The range image sizes is large, as the larger image is several times bigger than the samler one. However, any image is too large to be processed at once so this does not give us any information to rescale images. Each image will be processed as a colection of smaller images and their size will be determined by the size of the glomeruli. The following image depicts the sizes of the different images with the larger dimension in the y axis and the smaller in the x axis.
Cortex and Glomeruli
For each image we have information about three regions: the medula, the cortex and the glomerula. The medula and the cortex are the two types of tissues that can be found in the sample. The cortex on the other side, are small groups of cells scattered almost exclusively on the cortex. Because of this, the small images that we are going to use to train our model will be taken only from cortex. The next image shows the poligon marking the cortex of a sample and also the glomerula. As can be seen all glomerula fall inside the cortex of the sample.
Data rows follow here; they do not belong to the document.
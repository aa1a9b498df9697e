// What a run is, and what a reader answers.
ghost use Rattle.std.specs.Prelude.{◌≡◌, ◌-◌, ◌<◌, IfSome, IfNone};

// What a run holds: nulls, one element again and again, or elements that are written out.
#[derive(Clone, Copy)]
pub(crate) enum Run<E> {
    Null,
    Same(E),
    Literal,
}

// What the number of a header says, with the run's length where it has it.
#[derive(Clone, Copy)]
pub(crate) enum Shape {
    Nulls,
    Same(u64),
    Literal(u64),
}

// A run: how long it is, and what it holds.
#[derive(Clone, Copy)]
pub(crate) struct Head<E> {
    pub(crate) count: u64,
    pub(crate) run: Run<E>,
}

// An element of a column, and where in the data its code ends.
#[derive(Clone, Copy, Debug, PartialEq, Eq)]
pub struct Placed<E> {
    pub element: E,
    pub end: usize,
}

impl<E: Copy> Head<E> {
    // No run.
    pub(crate) fn empty() -> Head<E>
        ensures { result.count ≡ 0 }
    {
        Head {
            count: 0,
            run: Run::Null,
        }
    }

    // What the next entry of the run is. Nothing where none is left.
    pub(crate) fn take(&mut self) -> Option<Run<E>>
        ensures none { IfNone result (self.old.count ≡ 0) }
        ensures some { IfSome result (λ run. (run ≡ self.old.run) × (0 < self.old.count)) }
        ensures after { (self.new.count ≡ self.old.count - 1) × (self.new.run ≡ self.old.run) }
    {
        self.count = self.count.checked_sub(1)?;
        Some(self.run)
    }
}
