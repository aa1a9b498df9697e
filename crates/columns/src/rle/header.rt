// The header of a run.
//
// How much was read is bounded in each contract by the bytes of the call, which no type of an answer knows.
ghost use Rattle.std.specs.Prelude.{◌≡◌, ℕ, ◌<◌, ◌≤◌, length, IfOk};
ghost use Rattle.columns.specs.Runs.{shape, reads_shape, reads_nulls, element, header, head_by};
ghost use Rattle.codec.specs.Leb128.{read_as};

use crate::fault::ColumnFault;
use crate::rle::run::{Head, Run, Shape};
use codec::element::Decodable;
use codec::parse::leb128::read_leb128;

// What a header's number says.
fn shape_of(number: i64) -> Result<Shape, ColumnFault>
    ensures { result ≡ shape number }
{
    match number {
        i64::MIN => Err(ColumnFault::RunTooLong),
        ..=-1 => Ok(Shape::Literal(number.unsigned_abs())),
        0 => Ok(Shape::Nulls),
        1.. => Ok(Shape::Same(number.unsigned_abs())),
    }
}

// What the number in front says.
fn read_shape(bytes: &[u8]) -> Result<(Shape, usize), ColumnFault>
    ensures answer { result ≡ reads_shape bytes.now }
    ensures within { IfOk result (λ p. (0 < p.1) × (p.1 ≤ length bytes.now)) }
{
    let (number, used) = read_leb128::<i64>(bytes)?;
    Ok((shape_of(number)?, used))
}

// The length of a null run.
fn read_nulls(bytes: &[u8]) -> Result<(u64, usize), ColumnFault>
    ensures answer { result ≡ reads_nulls bytes.now }
    ensures within { IfOk result (λ p. p.1 ≤ length bytes.now) }
{
    let (count, used) = read_leb128::<u64>(bytes)?;
    if count > i64::MAX as u64 {
        return Err(ColumnFault::RunTooLong);
    }
    Ok((count, used))
}

// The element that the bytes start with. It is read into a place, since that is how a kind reads.
pub(crate) fn read_element<'a, E: Decodable<'a>>(bytes: &'a [u8]) -> Result<(E, usize), ColumnFault>
    ensures answer { read_as E.means result ≡ element (E.reads bytes.now) }
    ensures within { IfOk result (λ p. p.1 ≤ length bytes.now) }
{
    let mut place = E::blank();
    let used = place.decode(bytes)?;
    Ok((place, used))
}

// The run that the bytes start with.
pub(crate) fn read_header<'a, E: Decodable<'a>>(
    bytes: &'a [u8],
) -> Result<(Head<E>, usize), ColumnFault>
    ensures answer { read_as (head_by E.means) result ≡ header E.reads bytes.now }
    ensures within { IfOk result (λ p. (0 < p.1) × (p.1 ≤ length bytes.now)) }
{
    let (shape, used) = read_shape(bytes)?;
    let rest = &bytes[used..];
    let (count, run, more) = match shape {
        Shape::Nulls => {
            let (count, more) = read_nulls(rest)?;
            (count, Run::Null, more)
        }
        Shape::Same(count) => {
            let (element, more) = read_element(rest)?;
            (count, Run::Same(element), more)
        }
        Shape::Literal(count) => (count, Run::Literal, 0),
    };
    Ok((Head { count, run }, used + more))
}
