// Lists to be written.
ghost use Rattle.std.specs.Prelude.{◌≡◌, ℕ, ◌^◌, ◌<◌, List, length, Option};
ghost use Rattle.std.specs.Option.{option_map};
ghost use Rattle.columns.specs.Came.{came};

use codec::element::{Decodable, Encodable};

// A place in a list. A copy of it goes through the same entries again, which is how the elements of
// a literal run are asked for once more: its length stands before them.
//
// It is no `Iterator`, whose `next` says a step by a relation: here the list itself has to be named.
pub trait Source: Copy {
    // an element or a null, as the list has it
    type Entry;

    // the entries still to come
    ghost list: { Self → List Self.Entry };

    // they are few enough for the number of a header
    ghost few: { (s : Self) → length (list s) < 2 ^ 63 };

    // The next entry. Nothing at the end.
    fn next(&mut self) -> Option<Self::Entry>
        ensures { list self.old ≡ came result (list self.new) };
}

// What stands for an element of a kind, or for a null. A list by the codes of its entries is `coming`: this
// trait and that of lists meet only where a writer is bound by both.
pub trait Entry<'a, E: Encodable<'a>>: Copy {
    // the code of the element
    ghost code: { Self → Option (List ℕ) };

    // The element, if it is no null.
    fn element(self) -> Option<E>
        ensures { option_map E.Decodable.code (option_map E.Decodable.means result) ≡ code self };
}
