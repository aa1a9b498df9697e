// A run column at a sink, and how long it is.
ghost use Rattle.std.specs.Prelude.{◌≡◌, ℕ, ◌^◌, ◌≤◌, length, is_ok, MatchResult, OnOk};
ghost use Rattle.codec.specs.Sinks.{Told};
ghost use Rattle.columns.specs.Came.{coming};
ghost use Rattle.columns.specs.Cut.{written};
ghost use Rattle.columns.specs.Law.{ColumnAt, TheCut, most};

use crate::rle::encoder::write_runs;
use crate::rle::source::{Entry, Source};
use codec::element::{Decodable, Encodable};
use codec::encoding::counter::Counter;
use codec::encoding::{Output, Sink, SinkRefused};

// Writes a list as a run column to a sink. The bytes are those of the one cut of the list into
// runs, literal runs and null runs that are as large as they can be. Where nothing was refused, what the sink
// holds beyond what it held is read back as the list: every entry in order, and then the end; nulls
// alone take no bytes, and are read as ended.
pub fn put_runs<'a, E: Encodable<'a>, C: Source, S: Sink>(
    source: C,
    sink: &mut S,
) -> Result<(), SinkRefused>
where
    C::Entry: Entry<'a, E>,
    ensures told { Told S.rule (S.holds sink.old) (written (coming C.Entry.code C.list source)) (is_ok result) (S.holds sink.new) }
    ensures cut { TheCut (coming C.Entry.code C.list source) }
    ensures back { OnOk result (ColumnAt E.Decodable.Element E.Decodable.code E.Decodable.reads (coming C.Entry.code C.list source) (S.holds sink.new).held (length (S.holds sink.old).held)) }
{
    write_runs(source, sink)
}

// How many bytes the column takes: at most two for a null, and one more than its code for an element.
// Refused if no count can say it.
pub fn runs_len<'a, E: Encodable<'a>, C: Source>(source: C) -> Result<usize, SinkRefused>
where
    C::Entry: Entry<'a, E>,
    ensures { MatchResult result (λ n. (n ≡ length (written (coming C.Entry.code C.list source))) × (n ≤ most (coming C.Entry.code C.list source))) (λ _. 2 ^ 64 ≤ length (written (coming C.Entry.code C.list source))) }
{
    let mut counter = Counter::new();
    write_runs(source, &mut counter)?;
    Ok(counter.told())
}
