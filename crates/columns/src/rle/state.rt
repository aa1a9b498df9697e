// What the writer of a run column has been told and has not written yet.

// A literal run keeps no copy of its elements: they are asked for again, from where it began.
#[derive(Clone, Copy)]
pub(crate) enum RleState<E, C> {
    Empty,
    // Nulls with nothing before them: if no element follows, they take no bytes.
    InitialNullRun(u64),
    NullRun(u64),
    LoneVal { from: C, last: E },
    Run(E, u64),
    LiteralRun { from: C, count: u64, last: E },
}
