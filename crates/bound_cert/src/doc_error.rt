// Why a document could not be read.
ghost use Rattle.std.specs.Prelude.{◌≡◌};
ghost use Rattle.bound_cert.specs.declared.doc_error.DocError.TheVariants.{Memory};

use seed_model::NoMemory;
use std::alloc::{AllocError, AllocFailed};

/// Why a text was read as no document.
#[derive(Clone, Copy, Debug, PartialEq, Eq)]
pub enum DocError {
    /// The text is in no document's form; the line, counted from 1, is the first that breaks it.
    Bad { line: u64 },
    /// Memory ran out.
    Memory,
}

impl From<NoMemory> for DocError {
    ghost from_gives = { λ _ e. e ≡ Memory };

    fn from(_: NoMemory) -> DocError {
        DocError::Memory
    }
}

impl From<AllocError> for DocError {
    ghost from_gives = { λ _ e. e ≡ Memory };

    fn from(_: AllocError) -> DocError {
        DocError::Memory
    }
}

impl<T: Drop> From<AllocFailed<T>> for DocError {
    ghost from_gives = { λ _ e. e ≡ Memory };

    fn from(_: AllocFailed<T>) -> DocError {
        DocError::Memory
    }
}
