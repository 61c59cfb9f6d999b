// What a certificate claims.
use crate::set_text::SetText;
use seed_model::Range;

/// What a certificate shows: a best plan, that there is none, or a bound that holds for each plan.
#[derive(Clone, Copy, Debug, PartialEq, Eq)]
pub enum Answer {
    Optimal,
    Infeasible,
    Open,
}

/// The files that must go and those that must stay.
#[derive(Drop)]
pub struct Pins {
    pub go: SetText,
    pub stay: SetText,
}

/// A plan with the bytes that it migrates and replicates.
#[derive(Drop)]
pub struct Claimed {
    pub set: SetText,
    pub migrated: u64,
    pub replicated: u64,
}

/// The claim of a certificate: the range of migrated bytes, the pins if it is of version 2, the answer, a plan, and the
/// bytes that every plan replicates at least.
#[derive(Drop)]
pub struct Heading {
    pub range: Range,
    pub pins: Option<Pins>,
    pub answer: Answer,
    pub plan: Option<Claimed>,
    pub bound: Option<u64>,
}
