// What certificates prove.
ghost use Rattle.bound_cert.specs.Laws.{WeakDuality, BoundsMembers, BoundsMixes, TreesBound, LinesAreTrees, TextsName, ValidIsSo, ValidPasses, FailureIsNotValid, OneFailure, RunsOnUnfailed, BadIsNoDocument, OneBadLine, OneDocument, LinesAreShort, LinesTellDocuments};

/// The laws of certificates, for every table that keeps to the limits: multipliers bound what members replicate, trees
/// pass bounds up to their root, and what a valid document says is so. A text passes every judgement exactly where it is
/// that of a valid document, else one fails first, and a text is that of one document at most. Lines that tell to the end
/// are those of a valid document, and have told what it says.
pub fn certificate_laws()
    ensures duality { WeakDuality }
    ensures members { BoundsMembers }
    ensures mixes { BoundsMixes }
    ensures trees { TreesBound }
    ensures lines { LinesAreTrees }
    ensures names { TextsName }
    ensures sound { ValidIsSo }
    ensures judged { ValidPasses }
    ensures failed { FailureIsNotValid }
    ensures one_failure { OneFailure }
    ensures unfailed { RunsOnUnfailed }
    ensures bad { BadIsNoDocument }
    ensures one_line { OneBadLine }
    ensures one { OneDocument }
    ensures short { LinesAreShort }
    ensures told { LinesTellDocuments }
{}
In the next figure, we can appreciate that the same pattern repeats in the rest of the samples. In some isolated cases, glomerula can be found in the medula but it is only a small proportion of the cases.
Patient data
In this project, we need to identify the location of the glomerula by generating a mask that overlaps with them. This makes impossible the analysis of the patient data with respect to the variable of interest as we would do with a regular regression or classification. Despite of this, we can add this data to a model and evaluate if the accuracy is improved by that.
Approach
Data Preparation
As stated before, from each sample image several smaller images where generated. The image size was fixed to 2000 squared pixels and the center was randomly picked from the cortex region. The image to predict consisted in the glomerula mask corresponding to the same window region than the sample sub-image. Finally the image/glom mask pairs for each sample where saved in tfrecord. In this way, it is easier to choose which samples will form the test set and which not. Also this will avoid that imges from the same sample will end up in training and testing sets.
Model
The problem is approached like an image segmentation problem. The model choosen to do this is a modified U-net . This is an Artificial neural network which input is a sample sub-image and the desired output is the corresponding region of the glomerula mask. The size of the layers reach a minimum in the center of the network, which allow to encode the original image in a summarized way. Also, non consecutive layers are connected between them.
Loss function
The used loss function is the same used for evaluation in the hubmap competition, the reversed dice coefficient. The dice coefficient is 1 when the predicted image and the target are identical and 0 when not a positive pixel of the target is predicted.
Results
The resulting model was able to achieve decent performance with a dice score around 0.4 in the testing set. Here, I show some images of the testing set, along with the true mask and the predicted mask from left to right. Although in some cases there are some false positives and background noise, the model is able to pick up almost all the glomerula in the sample of images. To pick these images, I have filtered those with at least 10% of positve pixels in the true mask.